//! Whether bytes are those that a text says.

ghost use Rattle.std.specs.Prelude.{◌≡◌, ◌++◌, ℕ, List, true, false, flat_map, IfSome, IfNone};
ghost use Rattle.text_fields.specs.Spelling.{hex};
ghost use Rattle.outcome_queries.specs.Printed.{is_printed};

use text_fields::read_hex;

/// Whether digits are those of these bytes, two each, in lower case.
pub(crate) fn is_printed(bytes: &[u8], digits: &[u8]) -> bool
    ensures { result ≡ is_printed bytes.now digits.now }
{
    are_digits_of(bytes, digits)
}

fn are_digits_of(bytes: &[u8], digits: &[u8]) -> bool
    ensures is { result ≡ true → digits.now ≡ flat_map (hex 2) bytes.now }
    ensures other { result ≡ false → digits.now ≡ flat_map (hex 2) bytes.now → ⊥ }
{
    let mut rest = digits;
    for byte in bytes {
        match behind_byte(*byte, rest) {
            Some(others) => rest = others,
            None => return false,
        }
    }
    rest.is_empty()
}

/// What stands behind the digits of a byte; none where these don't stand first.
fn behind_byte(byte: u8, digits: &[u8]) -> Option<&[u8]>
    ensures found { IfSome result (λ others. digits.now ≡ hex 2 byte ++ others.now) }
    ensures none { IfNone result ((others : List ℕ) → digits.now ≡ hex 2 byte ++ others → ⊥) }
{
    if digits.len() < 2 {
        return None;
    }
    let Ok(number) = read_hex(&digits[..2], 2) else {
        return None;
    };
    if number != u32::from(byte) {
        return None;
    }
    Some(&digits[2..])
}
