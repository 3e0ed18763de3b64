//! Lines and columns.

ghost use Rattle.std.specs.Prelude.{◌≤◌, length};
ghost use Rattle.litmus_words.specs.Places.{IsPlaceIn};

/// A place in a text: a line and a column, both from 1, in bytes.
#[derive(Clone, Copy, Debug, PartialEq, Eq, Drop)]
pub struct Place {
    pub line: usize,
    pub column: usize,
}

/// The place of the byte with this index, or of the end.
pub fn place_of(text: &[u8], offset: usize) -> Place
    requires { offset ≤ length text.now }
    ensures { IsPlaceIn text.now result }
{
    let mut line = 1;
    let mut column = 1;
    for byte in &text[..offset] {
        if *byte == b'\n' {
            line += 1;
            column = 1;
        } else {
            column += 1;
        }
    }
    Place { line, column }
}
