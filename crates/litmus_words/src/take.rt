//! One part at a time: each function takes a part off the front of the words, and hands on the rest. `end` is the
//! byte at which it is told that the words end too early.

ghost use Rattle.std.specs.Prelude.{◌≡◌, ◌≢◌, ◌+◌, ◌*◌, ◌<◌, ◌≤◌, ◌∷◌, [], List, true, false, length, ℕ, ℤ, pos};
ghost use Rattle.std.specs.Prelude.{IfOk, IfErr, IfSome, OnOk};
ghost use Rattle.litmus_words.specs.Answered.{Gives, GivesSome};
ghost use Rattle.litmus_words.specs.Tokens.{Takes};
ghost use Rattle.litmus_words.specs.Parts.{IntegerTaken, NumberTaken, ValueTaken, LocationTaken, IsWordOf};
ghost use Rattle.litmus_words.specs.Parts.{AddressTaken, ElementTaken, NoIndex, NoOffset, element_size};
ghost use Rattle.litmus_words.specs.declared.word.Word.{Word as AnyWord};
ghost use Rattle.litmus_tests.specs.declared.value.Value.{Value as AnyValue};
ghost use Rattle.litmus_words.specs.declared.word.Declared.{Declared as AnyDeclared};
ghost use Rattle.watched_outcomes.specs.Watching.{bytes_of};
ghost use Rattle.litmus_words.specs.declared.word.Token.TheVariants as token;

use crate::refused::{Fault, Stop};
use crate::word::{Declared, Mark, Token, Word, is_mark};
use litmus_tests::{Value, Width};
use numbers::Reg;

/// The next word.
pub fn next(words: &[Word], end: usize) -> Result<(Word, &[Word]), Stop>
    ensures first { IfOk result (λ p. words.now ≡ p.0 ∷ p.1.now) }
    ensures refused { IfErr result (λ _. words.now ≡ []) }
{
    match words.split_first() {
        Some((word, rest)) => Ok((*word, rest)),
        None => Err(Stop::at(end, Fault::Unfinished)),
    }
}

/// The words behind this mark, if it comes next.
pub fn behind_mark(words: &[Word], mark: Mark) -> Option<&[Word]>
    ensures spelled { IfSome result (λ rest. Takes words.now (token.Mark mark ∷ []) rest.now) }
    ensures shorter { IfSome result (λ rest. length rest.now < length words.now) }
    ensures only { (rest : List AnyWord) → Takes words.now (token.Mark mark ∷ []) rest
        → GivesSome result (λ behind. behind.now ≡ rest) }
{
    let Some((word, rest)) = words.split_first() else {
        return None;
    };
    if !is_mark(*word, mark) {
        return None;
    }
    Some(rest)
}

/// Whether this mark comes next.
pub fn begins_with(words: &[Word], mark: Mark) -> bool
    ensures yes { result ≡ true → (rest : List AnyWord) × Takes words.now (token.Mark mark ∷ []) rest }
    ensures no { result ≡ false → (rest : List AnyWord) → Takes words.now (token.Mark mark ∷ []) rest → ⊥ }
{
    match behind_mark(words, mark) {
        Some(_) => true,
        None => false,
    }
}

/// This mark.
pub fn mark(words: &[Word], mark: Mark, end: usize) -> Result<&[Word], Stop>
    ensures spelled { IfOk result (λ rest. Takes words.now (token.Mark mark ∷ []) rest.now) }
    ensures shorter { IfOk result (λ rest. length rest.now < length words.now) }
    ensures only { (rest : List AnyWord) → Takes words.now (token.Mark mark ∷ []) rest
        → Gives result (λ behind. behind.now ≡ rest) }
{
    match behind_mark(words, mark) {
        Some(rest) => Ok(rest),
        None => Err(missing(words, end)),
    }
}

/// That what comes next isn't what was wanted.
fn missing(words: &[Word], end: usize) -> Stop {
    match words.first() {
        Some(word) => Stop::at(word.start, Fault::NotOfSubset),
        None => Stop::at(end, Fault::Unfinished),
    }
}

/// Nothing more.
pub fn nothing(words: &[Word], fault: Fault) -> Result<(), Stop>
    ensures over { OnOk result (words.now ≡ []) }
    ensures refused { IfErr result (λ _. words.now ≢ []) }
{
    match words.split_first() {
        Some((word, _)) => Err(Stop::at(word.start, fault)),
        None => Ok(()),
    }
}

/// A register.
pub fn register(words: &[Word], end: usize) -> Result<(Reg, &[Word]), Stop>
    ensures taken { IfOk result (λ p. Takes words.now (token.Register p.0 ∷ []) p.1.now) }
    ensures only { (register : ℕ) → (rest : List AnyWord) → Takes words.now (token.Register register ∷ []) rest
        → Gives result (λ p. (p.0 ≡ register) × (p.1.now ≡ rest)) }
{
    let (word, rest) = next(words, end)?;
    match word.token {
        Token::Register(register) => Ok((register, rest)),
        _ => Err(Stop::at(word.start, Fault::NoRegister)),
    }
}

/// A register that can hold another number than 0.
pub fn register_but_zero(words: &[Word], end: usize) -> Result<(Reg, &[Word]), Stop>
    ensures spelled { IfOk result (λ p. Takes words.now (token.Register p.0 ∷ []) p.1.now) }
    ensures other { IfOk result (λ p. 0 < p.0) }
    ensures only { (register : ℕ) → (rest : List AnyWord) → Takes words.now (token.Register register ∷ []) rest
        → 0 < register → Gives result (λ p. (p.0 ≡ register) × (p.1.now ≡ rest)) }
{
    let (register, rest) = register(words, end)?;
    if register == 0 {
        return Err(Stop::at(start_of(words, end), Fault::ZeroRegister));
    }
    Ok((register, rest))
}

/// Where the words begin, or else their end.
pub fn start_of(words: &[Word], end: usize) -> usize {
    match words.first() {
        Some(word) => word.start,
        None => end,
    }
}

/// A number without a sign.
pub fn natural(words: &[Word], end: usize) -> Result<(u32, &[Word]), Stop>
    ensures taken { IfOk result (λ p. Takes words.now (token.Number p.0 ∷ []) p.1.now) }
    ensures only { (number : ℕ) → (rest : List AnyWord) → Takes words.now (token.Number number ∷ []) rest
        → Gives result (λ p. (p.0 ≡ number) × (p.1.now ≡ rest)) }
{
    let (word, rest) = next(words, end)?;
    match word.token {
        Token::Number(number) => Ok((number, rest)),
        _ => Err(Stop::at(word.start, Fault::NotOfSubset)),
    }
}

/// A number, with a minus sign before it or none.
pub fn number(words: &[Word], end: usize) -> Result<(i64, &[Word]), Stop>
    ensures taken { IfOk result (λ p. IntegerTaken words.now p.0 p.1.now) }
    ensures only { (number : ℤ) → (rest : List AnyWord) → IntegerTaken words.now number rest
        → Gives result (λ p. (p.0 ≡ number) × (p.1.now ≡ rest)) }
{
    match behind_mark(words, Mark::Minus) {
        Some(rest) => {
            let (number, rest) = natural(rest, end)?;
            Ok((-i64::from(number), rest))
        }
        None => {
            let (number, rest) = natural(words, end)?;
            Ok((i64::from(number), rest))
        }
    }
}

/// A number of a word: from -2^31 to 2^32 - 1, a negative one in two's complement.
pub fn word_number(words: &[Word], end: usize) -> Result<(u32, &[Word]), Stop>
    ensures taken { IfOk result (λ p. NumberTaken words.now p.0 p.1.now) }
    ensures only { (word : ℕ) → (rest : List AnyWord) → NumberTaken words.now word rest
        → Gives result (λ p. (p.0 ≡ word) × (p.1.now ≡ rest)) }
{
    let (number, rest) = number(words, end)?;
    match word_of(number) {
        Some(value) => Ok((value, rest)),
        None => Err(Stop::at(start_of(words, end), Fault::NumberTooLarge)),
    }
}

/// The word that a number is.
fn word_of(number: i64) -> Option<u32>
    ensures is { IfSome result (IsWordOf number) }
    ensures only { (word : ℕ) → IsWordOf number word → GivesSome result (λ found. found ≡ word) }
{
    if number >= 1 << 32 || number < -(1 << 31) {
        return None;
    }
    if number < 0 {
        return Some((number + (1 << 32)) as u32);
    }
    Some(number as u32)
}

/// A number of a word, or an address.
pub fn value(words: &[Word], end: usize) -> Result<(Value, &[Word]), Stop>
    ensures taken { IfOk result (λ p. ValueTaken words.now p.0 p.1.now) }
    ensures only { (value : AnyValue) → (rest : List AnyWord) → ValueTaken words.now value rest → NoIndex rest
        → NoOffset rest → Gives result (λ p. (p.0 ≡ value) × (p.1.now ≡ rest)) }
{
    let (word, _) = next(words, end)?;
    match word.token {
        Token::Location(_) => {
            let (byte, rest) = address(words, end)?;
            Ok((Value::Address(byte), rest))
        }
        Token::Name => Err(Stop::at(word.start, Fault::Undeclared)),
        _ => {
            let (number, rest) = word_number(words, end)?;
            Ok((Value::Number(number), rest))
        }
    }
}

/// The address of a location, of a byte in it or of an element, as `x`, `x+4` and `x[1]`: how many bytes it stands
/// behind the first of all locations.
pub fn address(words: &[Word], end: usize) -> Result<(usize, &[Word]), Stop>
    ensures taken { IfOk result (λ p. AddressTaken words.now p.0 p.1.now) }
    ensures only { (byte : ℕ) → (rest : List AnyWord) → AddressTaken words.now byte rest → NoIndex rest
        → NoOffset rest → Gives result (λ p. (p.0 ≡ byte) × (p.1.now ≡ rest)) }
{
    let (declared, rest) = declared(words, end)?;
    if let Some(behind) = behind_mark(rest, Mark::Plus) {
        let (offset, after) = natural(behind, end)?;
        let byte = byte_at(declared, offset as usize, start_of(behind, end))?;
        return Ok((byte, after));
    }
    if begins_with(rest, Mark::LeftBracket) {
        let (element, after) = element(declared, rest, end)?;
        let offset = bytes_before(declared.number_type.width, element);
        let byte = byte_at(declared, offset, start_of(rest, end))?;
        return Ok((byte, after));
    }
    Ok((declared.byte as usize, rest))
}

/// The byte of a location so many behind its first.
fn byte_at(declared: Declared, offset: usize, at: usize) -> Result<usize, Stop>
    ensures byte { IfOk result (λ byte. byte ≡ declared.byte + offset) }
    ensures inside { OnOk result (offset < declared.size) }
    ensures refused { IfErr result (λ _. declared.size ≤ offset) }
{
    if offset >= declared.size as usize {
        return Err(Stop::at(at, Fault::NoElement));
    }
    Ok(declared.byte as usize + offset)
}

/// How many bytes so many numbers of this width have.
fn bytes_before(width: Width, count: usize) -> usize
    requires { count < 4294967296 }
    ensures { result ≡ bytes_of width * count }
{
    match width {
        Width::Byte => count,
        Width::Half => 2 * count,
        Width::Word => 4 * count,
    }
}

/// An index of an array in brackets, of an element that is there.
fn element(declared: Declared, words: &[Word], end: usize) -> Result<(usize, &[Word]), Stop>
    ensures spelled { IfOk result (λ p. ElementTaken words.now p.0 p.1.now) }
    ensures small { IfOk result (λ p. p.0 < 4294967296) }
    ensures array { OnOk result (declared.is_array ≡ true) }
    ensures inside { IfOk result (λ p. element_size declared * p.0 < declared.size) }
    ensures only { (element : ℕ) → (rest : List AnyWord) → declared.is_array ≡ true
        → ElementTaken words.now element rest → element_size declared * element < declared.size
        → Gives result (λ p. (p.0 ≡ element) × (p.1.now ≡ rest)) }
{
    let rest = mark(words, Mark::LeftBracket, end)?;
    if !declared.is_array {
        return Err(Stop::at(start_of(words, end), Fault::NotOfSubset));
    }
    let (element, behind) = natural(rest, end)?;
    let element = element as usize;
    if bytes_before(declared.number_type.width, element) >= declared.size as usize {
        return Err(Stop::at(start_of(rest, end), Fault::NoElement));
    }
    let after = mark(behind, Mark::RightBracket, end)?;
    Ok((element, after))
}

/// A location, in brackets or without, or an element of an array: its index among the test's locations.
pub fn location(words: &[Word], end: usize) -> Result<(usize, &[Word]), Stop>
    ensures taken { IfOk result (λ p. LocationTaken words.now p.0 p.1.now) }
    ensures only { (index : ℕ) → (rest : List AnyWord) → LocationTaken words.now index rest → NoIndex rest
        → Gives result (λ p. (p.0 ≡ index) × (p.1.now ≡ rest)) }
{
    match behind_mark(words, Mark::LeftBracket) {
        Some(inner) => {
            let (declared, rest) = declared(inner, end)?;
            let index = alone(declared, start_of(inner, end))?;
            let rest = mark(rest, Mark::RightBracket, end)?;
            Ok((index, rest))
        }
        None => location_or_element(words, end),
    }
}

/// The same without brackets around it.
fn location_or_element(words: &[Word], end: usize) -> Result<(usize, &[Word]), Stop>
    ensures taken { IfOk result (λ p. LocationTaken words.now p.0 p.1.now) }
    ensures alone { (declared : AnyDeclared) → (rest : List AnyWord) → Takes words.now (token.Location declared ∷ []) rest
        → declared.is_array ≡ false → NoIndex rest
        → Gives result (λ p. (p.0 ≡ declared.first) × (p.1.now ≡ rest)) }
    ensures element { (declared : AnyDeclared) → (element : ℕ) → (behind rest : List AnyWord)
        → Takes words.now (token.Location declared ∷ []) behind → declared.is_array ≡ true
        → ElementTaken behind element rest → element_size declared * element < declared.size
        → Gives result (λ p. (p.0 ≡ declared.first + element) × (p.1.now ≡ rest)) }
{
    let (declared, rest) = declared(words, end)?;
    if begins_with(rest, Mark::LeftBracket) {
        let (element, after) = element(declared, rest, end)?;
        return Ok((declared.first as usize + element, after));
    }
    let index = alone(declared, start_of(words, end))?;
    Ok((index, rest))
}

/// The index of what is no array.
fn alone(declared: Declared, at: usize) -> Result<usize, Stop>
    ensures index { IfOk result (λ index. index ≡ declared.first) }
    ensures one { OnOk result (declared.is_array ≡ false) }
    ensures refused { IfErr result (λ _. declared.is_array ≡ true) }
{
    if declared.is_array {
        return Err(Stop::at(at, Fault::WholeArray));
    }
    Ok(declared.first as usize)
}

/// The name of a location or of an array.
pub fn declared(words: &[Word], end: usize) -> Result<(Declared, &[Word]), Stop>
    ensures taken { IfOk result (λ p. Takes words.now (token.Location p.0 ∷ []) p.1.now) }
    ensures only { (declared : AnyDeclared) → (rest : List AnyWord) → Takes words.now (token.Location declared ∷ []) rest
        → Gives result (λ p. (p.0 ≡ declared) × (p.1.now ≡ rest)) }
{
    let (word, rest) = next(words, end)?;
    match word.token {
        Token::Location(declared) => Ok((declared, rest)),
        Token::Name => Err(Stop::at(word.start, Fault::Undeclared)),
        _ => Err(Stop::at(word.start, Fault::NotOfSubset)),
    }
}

Aim of the exercise
Show every line from the entries above in which "locations" appears.

Written solution
/// behind the first of all locations.
/// A location, in brackets or without, or an element of an array: its index among the test's locations.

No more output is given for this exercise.